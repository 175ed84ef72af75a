// Sessions that format disks, as transcripts.
use crate::transcript::check_sessions;
use crate::trial::{Trial, check_trials};
use std::test::Fail;

// The first two leave the known images.
const FORMATTED: &str = "# new: 191,512,n9,N
> FORMAT 191 A
CMS603R FORMAT will erase all files on disk A (191). Go on? Enter YES or NO
> YES
CMS605R Enter disk label
> TEST01
CMS733I 9 blocks formatted on A (191)
R;
> QUERY DISK A
LABEL  VDV M STA BLKSZ  FILES     USED     FREE    TOTAL
TEST01 191 A R/W   512      0        6        3        9
R;
= empty
# new: 191,512,n9,N
> FORMAT 191 A
CMS603R FORMAT will erase all files on disk A (191). Go on? Enter YES or NO
> YES
CMS605R Enter disk label
> TEST01
CMS733I 9 blocks formatted on A (191)
R;
> QUERY DISK A
LABEL  VDV M STA BLKSZ  FILES     USED     FREE    TOTAL
TEST01 191 A R/W   512      0        6        3        9
R;
> EXECIO 1 DISKW A FILE A (STRING HELLO
R;
= one file
# one file + one file
> format 192 a
CMS603R FORMAT will erase all files on disk A (192). Go on? Enter YES or NO
>  1 
CMS605R Enter disk label
>   work 
CMS733I 9 blocks formatted on A (192)
R;
> QUERY SEARCH
WORK   192 A   R/W
R;
> TYPE A FILE A
CMS002E File A FILE A not found
R(00028);
# one file: 191,512,rw,A
> FORMAT 191 A (LABEL
CMS605R Enter disk label
> newvol
R;
> QUERY SEARCH
NEWVOL 191 A   R/W
R;
> TYPE A FILE A
HELLO
R;
";

const KEPT: &str = "# one file: 191,512,rw,A
> FORMAT 191 A
CMS603R FORMAT will erase all files on disk A (191). Go on? Enter YES or NO
> NO
R(00008);
> TYPE A FILE A
HELLO
R;
# one file: 191,512,rw,A
> FORMAT 191 A
CMS603R FORMAT will erase all files on disk A (191). Go on? Enter YES or NO
> YES
CMS605R Enter disk label
> toolong
CMS062E Name TOOLONG is not valid
R(00020);
> TYPE A FILE A
HELLO
R;
# one file: 191,512,rw,A
> FORMAT 191 A
CMS603R FORMAT will erase all files on disk A (191). Go on? Enter YES or NO
R(00008);
# one file: 191,512,ro,A
> FORMAT 191 A
CMS037E Disk A is read-only
R(00036);
> FORMAT 191 A (LABEL
CMS037E Disk A is read-only
R(00036);
> FORMAT 191 B (LABEL
CMS069E Disk B is not accessed
R(00036);
# one file: 191,1024,rw,A
> FORMAT 191 A
CMS114E Device 191 is too small
R(00036);
> FORMAT 199 A
CMS113E Device 199 does not exist
R(00036);
> FORMAT 191
CMS054E Operand is missing
R(00024);
";

// A line that an ask drops costs a turn.
const TURNS: &str = "# new: -t 1 191,512,n9,N
> FORMAT 191 A
CMS603R FORMAT will erase all files on disk A (191). Go on? Enter YES or NO
> \u{7}
> YES
> TEST01
! Turns
# new: -t 2 191,512,n9,N
> FORMAT 191 A
CMS603R FORMAT will erase all files on disk A (191). Go on? Enter YES or NO
> \u{7}
CMS010E Line has an invalid character
> YES
CMS605R Enter disk label
> TEST01
CMS733I 9 blocks formatted on A (191)
R;
";

#[test]
fn disks_are_formatted_and_kept(rt: HostRuntime) -> Result<(), Fail> {
    check_sessions(&rt, rt.alloc(), &[FORMATTED, KEPT, TURNS])
}

// Another volume is made of one with A FILE.
const REMADE: Trial = Trial {
    images: "one file",
    words: "191,512,rw,A",
    transcript: "> FORMAT 191 A
CMS603R FORMAT will erase all files on disk A (191). Go on? Enter YES or NO
> YES
CMS605R Enter disk label
> WORK
CMS733I 9 blocks formatted on A (191)
R;
> QUERY SEARCH
WORK   191 A   R/W
R;
> TYPE A FILE A
CMS002E File A FILE A not found
R(00028);
",
    // the attaching, the opening, which reads the label, the directory, the map and the records' lengths, the script and the turn; the
    // questions; the wiping writes block 3, and the making the map, the directory and the label
    calls: b"arrrrinoowswwswsoonoonooi",
    look: ["191,512,rw,A", "QUERY SEARCH\nTYPE A FILE A\n"],
    states: "# old
TEST01 191 A   R/W
R;
HELLO
R;
# none
R;
CMS069E Disk A is not accessed
R(00036);
# new
WORK   191 A   R/W
R;
CMS002E File A FILE A not found
R(00028);
",
    // the label is wiped in event 5, and written in event 10
    moments: "# 0 4 old old old old
# 5 5 old none old none
# 6 9 none none none none
# 10 10 none new none new
# 11 20 new new new new
",
    faults: "# 1 1 old old
# 2 5 new new
CMS603R FORMAT will erase all files on disk A (191). Go on? Enter YES or NO
CMS605R Enter disk label
CMS733I 9 blocks formatted on A (191)
R;
WORK   191 A   R/W
R;
CMS002E File A FILE A not found
R(00028);
# 6 9 old old
# 10 10 old old dropped
CMS603R FORMAT will erase all files on disk A (191). Go on? Enter YES or NO
CMS605R Enter disk label
CMS105E Device fault on 191
R(00100);
R;
CMS069E Disk A is not accessed
R(00036);
# 10 11 old none
CMS603R FORMAT will erase all files on disk A (191). Go on? Enter YES or NO
CMS605R Enter disk label
CMS105E Device fault on 191
R(00100);
R;
CMS069E Disk A is not accessed
R(00036);
# 12 14 none none
CMS603R FORMAT will erase all files on disk A (191). Go on? Enter YES or NO
CMS605R Enter disk label
CMS105E Device fault on 191
R(00100);
R;
CMS069E Disk A is not accessed
R(00036);
# 15 15 none none dropped
CMS603R FORMAT will erase all files on disk A (191). Go on? Enter YES or NO
CMS605R Enter disk label
CMS105E Device fault on 191
R(00100);
R;
CMS069E Disk A is not accessed
R(00036);
# 15 16 none new
CMS603R FORMAT will erase all files on disk A (191). Go on? Enter YES or NO
CMS605R Enter disk label
CMS105E Device fault on 191
R(00100);
R;
CMS069E Disk A is not accessed
R(00036);
# 17 25 new new
",
};

#[test]
fn a_device_fault_leaves_no_disk(rt: HostRuntime) -> Result<(), Fail> {
    check_trials(&rt, rt.alloc(), &[REMADE])
}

What to work on
Tally, across the records, each line that contains the word "HostRuntime", and answer with nothing except the count.

Task solution
2